Khobane: We have used our best endeavours to reach consensus with CSA around that shareholding model. Photo: Nhlanhla Phillips/African News Agency/ANA

While Cricket SA may regard the negotiations over the broadcasting rights as a positive, SuperSport’s decision nevertheless adds to the reputational damage the federation has suffered as its attempts to set up a T20 tournament to rival the IPL, Australia’s Big Bash and the West Indies’s Caribbean League lurches from one disaster to the next.

The cancellation of the T20GL already cost CSA in the region of R200-million and the ending of the equity arrangement, comes on top of the failure to secure a headline sponsor, despite assurances on more than one occasion from CSA’s new chief executive Thabang Moroe that he was close to doing so. 

Moroe had announced that CSA’s Board of Directors had agreed to a new six team competition would replace the eight-team T20GL, and would start in November. As things stand now, CSA was supposed to announce where those six teams were based, but has yet to do so. 

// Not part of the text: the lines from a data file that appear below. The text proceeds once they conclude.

//! Remainders by one divisor, without a division for each.
ghost use Rattle.std.specs.Prelude.{◌≡◌, ◌*◌, ◌/◌, ◌%◌, ◌^◌, ◌≤◌};

use std::marker::Model;

/// A divisor and its reciprocal, times 2^64 and rounded down. Clauses see the divisor.
#[derive(Drop)]
pub struct Divisor {
    value: u64,
    reciprocal: u64,
}

impl Model for Divisor {
    ghost use Rattle.std.specs.Prelude.{ℕ};
    ghost use Rattle.sst_base.specs.Reciprocal.{IsReciprocal};

    ghost Value = { ℕ };

    ghost view = { λ d. d.value };

    ghost invariant = { λ d. IsReciprocal d.value d.reciprocal };
}

impl Divisor {
    /// Makes a divisor of a number, at least 1.
    pub fn new(value: u64) -> Divisor
        requires { 1 ≤ value }
        ensures { result ≡ value }
    {
        Divisor {
            value,
            reciprocal: u64::MAX / value,
        }
    }

    /// Returns the divisor.
    #[inline(always)]
    pub fn get(&self) -> u64
        ensures { result ≡ self.now }
    {
        self.value
    }

    /// Returns the remainder of a number.
    #[inline(always)]
    pub fn remainder(&self, number: u64) -> u64
        ensures { result ≡ number % self.now }
    {
        // The quotient, or one less.
        let quotient = high_product(number, self.reciprocal);
        let rest = number - quotient * self.value;
        if rest < self.value {
            rest
        } else {
            rest - self.value
        }
    }
}

// The high 64 bits of a product.
#[inline(always)]
fn high_product(a: u64, b: u64) -> u64
    ensures { result ≡ a * b / 2 ^ 64 }
{
    ((u128::from(a) * u128::from(b)) >> 64) as u64
}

The federation has maintained a stony silence since four owners of franchises that would have participated in the T20GL have threatened to sue the federation saying their rights had been infringed over CSA’s failure to properly inform them about the T20GL’s cancellation, while also claiming that the new competition couldn’t go ahead because they had not been properly compensated for their investment in the previous tournament.

Moroe was due to appear before Parliament’s portfolio committee on sport and recreation on Tuesday, where he was due to give an update on the progress regarding the T20 tournament, but he’s asked for a postponement.